Как странно, мелькнула мысль: на свете остался только один человек, который может меня Иркой назвать.
Спела Тонину любимую: «Не пробуждай воспоминаний». Пела, и отчего-то хотелось плакать, чего никогда раньше не случалось во время пения.
— Бабуль, а можешь «Арлекино», как Алла Пугачева? — спросил, под общий хохот, недавно вернувшийся из армии Любимчик.
— Могу, а на кой? Пускай Пугачева своего «Арлекино» поет, она молодая. Каждому свое. А мне — «Бублички»!

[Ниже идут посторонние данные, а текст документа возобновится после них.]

//! The world on one thread: the durable world with its stamps, the connections and the claims, changed by the seven
//! events and by nothing else.
//!
//! A core stands for a history of the model. Each call leaves it standing for that history with the call's event at its
//! end, and a commit is refused exactly where something that the run read has changed since. What claims take is found
//! by indexes. Nothing here runs a job, locks or writes a disk.
#![tactic(auto)]

pub use answers::{ClaimRefused, ConnectRefused, PrepareRefused};
pub use claimed::Claimed;
pub use dk_connections::{Handed, PostRefused};
pub use durable::{Conflict, WorldCopy, WorldLook};
pub use prepared::Prepared;
pub use world::Core;

pub mod answers;
mod choice;
pub mod claimed;
mod claims;
mod commits;
pub mod durable;
mod events;
mod grants;
pub mod opening;
pub mod prepared;
mod rooms;
pub mod world;
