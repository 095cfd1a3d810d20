// What a claim takes.

use dk_types::{ConnNo, TaskKey};

/// The first run, a task, or the first input of a connection.
#[derive(Clone, Copy, Debug, PartialEq, Eq)]
pub(crate) enum Choice {
    First,
    Task(TaskKey),
    Input(ConnNo),
}
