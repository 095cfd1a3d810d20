//! The connections that a durable world opens with: those of the sessions that a stop cut off.
//!
//! A session that had begun has a record, which is bound to a name that is `$s.` and the login name. Each record that
//! counts opens a connection on which the end of the session waits. It is called once, before a core's first event, and
//! changes nothing of the world.
ghost use Rattle.std.specs.Prelude.{◌≡◌, false, Some, IfOk, OnOk};
ghost use Rattle.std.specs.FinMap as map;
ghost use Rattle.dk_types.specs.declared.number.ConnNo.{ConnNo};
ghost use Rattle.dk_model.specs.Openings.{counting, with_sessions};
ghost use Rattle.dk_connections.specs.MarkedConnections.{MarkedConnection, all_of, IsSwept};
ghost use Rattle.dk_core.specs.StampedWorlds.{durable_of};
ghost use Rattle.dk_core.specs.Firsts.{with_first, IsFresh};

use crate::durable::StampedWorld;
use dk_connections::Connections;
use dk_types::{NoMemory, Session};
use recorded::recorded_session;
use std::alloc::Global;

mod recorded;

/// Opens the connection of a session, unless one of its number is there.
fn open_first(connections: &mut Connections, session: &Session) -> Result<(), NoMemory>
    ensures opened { OnOk result (all_of connections.new.connections ≡ with_first (Some session.now) (all_of connections.old.connections)) }
    ensures fresh { OnOk result (IsFresh connections.old.connections → IsFresh connections.new.connections) }
{
    if connections.contains(session.conn) {
        return Ok(());
    }
    connections.open_ended(session)
}

/// The connections of the recorded sessions that count: of those with one number, the one of the least name.
pub fn open_connections(alloc: Global, world: &StampedWorld) -> Result<Connections, NoMemory>
    ensures world { IfOk result (λ c. all_of c.connections ≡ with_sessions (counting (durable_of world.now)) map.empty) }
    ensures unclaimed { IfOk result (λ c. (conn : ConnNo) (l : MarkedConnection) → map.get c.connections conn ≡ Some l → l.claimed ≡ false) }
    ensures swept { IfOk result (λ c. IsSwept c.connections) }
{
    let mut connections = Connections::new(alloc);
    let names = world.bound_names(alloc)?;
    for (name, bound) in names {
        if let Some(session) = recorded_session(alloc, world, name, bound.0)? {
            open_first(&mut connections, &session)?;
        }
    }
    Ok(connections)
}
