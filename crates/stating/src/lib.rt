// A value as a caller states it: a byte that says whether it is filled, and a number.
#![tactic(auto)]

ghost use Rattle.std.specs.Prelude.{◌≡◌};
ghost use Rattle.stating.specs.Stating.{tenths_stated, height_stated};

use distances::Metres;
use formats::Tenths;

// A number of tenths as a caller states it: blank where `filled` is 0.
pub fn tenths_stated(filled: u8, tenths: i64) -> Tenths
    ensures { result ≡ tenths_stated filled tenths }
{
    if filled == 0 { None } else { Some(tenths) }
}

// A height in metres as a caller states it: blank where `filled` is 0.
pub fn height_stated(filled: u8, metres: i64) -> Option<Metres>
    ensures { result ≡ height_stated filled metres }
{
    if filled == 0 {
        None
    } else {
        Some(Metres(metres))
    }
}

Песня взвилась, как метель, как вихрь, как юбки цыганки, и сами собой приходили на память слова, а Милочка ритмично поигрывала плечами, изо всех сил пытаясь не подпевать; завивался лихой припев, песня летела к концу:
И в ночь ненастную
Меня, несчаст…
Что-то сдавило горло, как только слезы сдавливают, но слез не было.
Голоса не было тоже.
Все молчали. С трех сторон в квартиру доносились звуки телевизора.
— Вот так, — спокойно заговорила бабушка обычным своим, не «песенным» голосом, — ушел мой голос. — Уверенно подняла маленькую ладонь, отодвигая бодрые протестующие голоса, а сестра тут же пришла на помощь:
— Да включите вы телевизор, наконец, а то что ж я соседский должна слушать в Новый год?!
Все расхохотались: Тоня и есть Тоня.
Больше Ира не пела.
Пусть Пугачева до восьмидесяти пяти попоет.
Бабушкин голос — обычный, не певческий — остался таким же звонким. Она разговаривала с любимой пальмой, выращенной лет десять назад из финиковой косточки. Пальмочка получилась пышная и веселая, с упругими перистыми ветками, похожими на зеленый фонтан. Ира ласково звала ее: «Лохматенька», а та кокетливо топорщила молодые ветви и радовалась свету, влаге и родному голосу. Бабушка разговаривала с птицами — и когда резала хлеб, и когда высыпала крохотные упругие кубики на дорожку парка. Разговаривала с Игорем Кирилловым, а в ожидании его — с дружными дамами на пожелтевшей картинке под стеклом. Читаете? Я бы тоже читала, да глаза не позволяют; вас не то что вижу — вас помню, вот на улице совсем беда: со мной человек здоровается, а я фигуру кое-как вижу, а лицо уже нет… Вчера на улице меня за рукав кто-то взял: «Здравствуйте!». Только по голосу и узнала: соседка из того дома, что напротив милиции. Плачет: «Сын не пишет и не возвращается; уже четыре месяца ни письма, ни открытки. Ему срок службы еще когда кончился. Не едет; а главное, никаких известий…» Какие же известия, бабушка гневно повышала голос, из Афганистана?! Кто не приезжает — значит, нет их больше; матери лучше и не знать.